イスラエルの軍事作戦はイランの核開発の野望に大きな打撃を与えることに成功したかもしれない。だが、イスラエルが仕掛け、米国が支援した12日間のイランとの紛争は、いわゆる「権威主義の枢軸」のもう1つの国に実質的な利益をもたらす可能性がある。
中国はロシア産天然ガスを自国に追加輸送する新規パイプラインの建設に再び関心を示しているようだ。ロシア西シベリア北部のヤマル半島から中国に至る全長約2600キロに及ぶ天然ガスパイプライン「シベリアの力2」構想は長年にわたって難航していたが、ここへきて復活しようとしている。今秋予定されているロシアのウラジーミル・プーチン大統領の中国公式訪問の主な議題となることが予想されているのだ。
中国の関心は、中東からのエネルギー供給の信頼性を巡る新たな懸念の中で生まれた。中国の当局者が心配するのも無理はない。同国は液化天然ガス(LNG)輸入の約3割をカタールやアラブ首長国連邦(UAE)といった中東諸国に頼っているからだ。同時に、中国はイラン産原油に大きく依存している。中国は今年上半期、日量約140万バレルのペースでイラン産原油を輸入し、イランの原油輸出の約9割を占めた。こうした背景から、中国は中東からのエネルギー供給が途絶えることに対して極めて脆弱(ぜいじゃく)で、政府はそのような危機が実際に起こる可能性を警戒しているのだ。

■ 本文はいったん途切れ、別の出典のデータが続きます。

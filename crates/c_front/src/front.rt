ghost use Rattle.std.specs.Prelude.{◌≤◌, Some, None, length, IfOk, IfErr, IfSome, option_copied};
ghost use Rattle.c_typed.specs.Statements.{Program};
ghost use Rattle.c_typed.specs.StatementViews.{program_view};
ghost use Rattle.answers.specs.declared.answer.CompileRefusal.{CompileRefusal};
ghost use Rattle.c_front.specs.Front.{TypesFiles, RefusesFiles, IsRefusal, Gives, Tells};

use crate::layer::{lex, parse_file, type_files};
use answers::{RunAnswer, Which};
use c_typed::TypedProgram;
use std::alloc::Global;

/// The typed program of a main file and, where there is one, a binary file, or the answer that stopped it.
pub fn check_files(
    alloc: Global,
    main: &[u8],
    binary: Option<&[u8]>,
) -> Result<TypedProgram, RunAnswer>
    requires main { length main.now ≤ 1048576 }
    requires binary { IfSome (option_copied binary) (λ src. length src ≤ 1048576) }
    // A program is one of the files by the typing relation, and a refusal the first that a layer has.
    ensures ok { IfOk result (λ found. TypesFiles main.now (option_copied binary.entry) (program_view found)) }
    ensures err { IfErr result (IsRefusal (RefusesFiles main.now (option_copied binary.entry))) }
    // The typed program is found, and each refusal told, unless memory ran out.
    ensures found { (program : Program) → TypesFiles main.now (option_copied binary.entry) program → Gives result program }
    ensures told { (cause : CompileRefusal) → RefusesFiles main.now (option_copied binary.entry) cause → Tells result cause }
{
    program_of(alloc, main, binary)
}

/// The same, without what is known beforehand.
fn program_of(alloc: Global, main: &[u8], binary: Option<&[u8]>) -> Result<TypedProgram, RunAnswer>
    requires main { length main.now ≤ 1048576 }
    requires binary { IfSome (option_copied binary) (λ src. length src ≤ 1048576) }
    ensures ok { IfOk result (λ found. TypesFiles main.now (option_copied binary.entry) (program_view found)) }
    ensures err { IfErr result (IsRefusal (RefusesFiles main.now (option_copied binary.entry))) }
{
    match binary {
        None => main_program(alloc, main),
        Some(binary) => whole_program(alloc, main, binary),
    }
}

/// The typed program of a main file alone.
fn main_program(alloc: Global, main: &[u8]) -> Result<TypedProgram, RunAnswer>
    requires { length main.now ≤ 1048576 }
    ensures ok { IfOk result (λ found. TypesFiles main.now None (program_view found)) }
    ensures err { IfErr result (IsRefusal (RefusesFiles main.now None)) }
{
    let tokens = lex(alloc, Which::Main, main)?;
    let unit = parse_file(alloc, Which::Main, &tokens, main)?;
    type_files(alloc, &unit, None)
}

/// The typed program of both files.
fn whole_program(alloc: Global, main: &[u8], binary: &[u8]) -> Result<TypedProgram, RunAnswer>
    requires main { length main.now ≤ 1048576 }
    requires binary { length binary.now ≤ 1048576 }
    ensures ok { IfOk result (λ found. TypesFiles main.now (Some binary.now) (program_view found)) }
    ensures err { IfErr result (IsRefusal (RefusesFiles main.now (Some binary.now))) }
{
    let tokens = lex(alloc, Which::Main, main)?;
    let others = lex(alloc, Which::Binary, binary)?;
    let unit = parse_file(alloc, Which::Main, &tokens, main)?;
    let other = parse_file(alloc, Which::Binary, &others, binary)?;
    type_files(alloc, &unit, Some(&other))
}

実際、その可能性は残っている。最近の紛争の中で、イスラエルと米国の空爆に対する報復の一環として、イランはホルムズ海峡の閉鎖を検討したと伝えられている。イランは世界の石油の5分の1が通過する同海峡を妨害することはなかったが、中国政府は代替となる手段を探ることが賢明だと確信したようだ。
独カーネギー・ロシア・ユーラシア・センターのアレクサンドル・ガブエフ所長は米紙ウォールストリート・ジャーナルに、「不安定で予測不可能な軍事情勢により、中国指導部は安定した陸上パイプライン供給が地政学的利益をもたらすことを認識した」と説明。さらに「ロシアもそこから利益を得ることができるだろう」と述べた。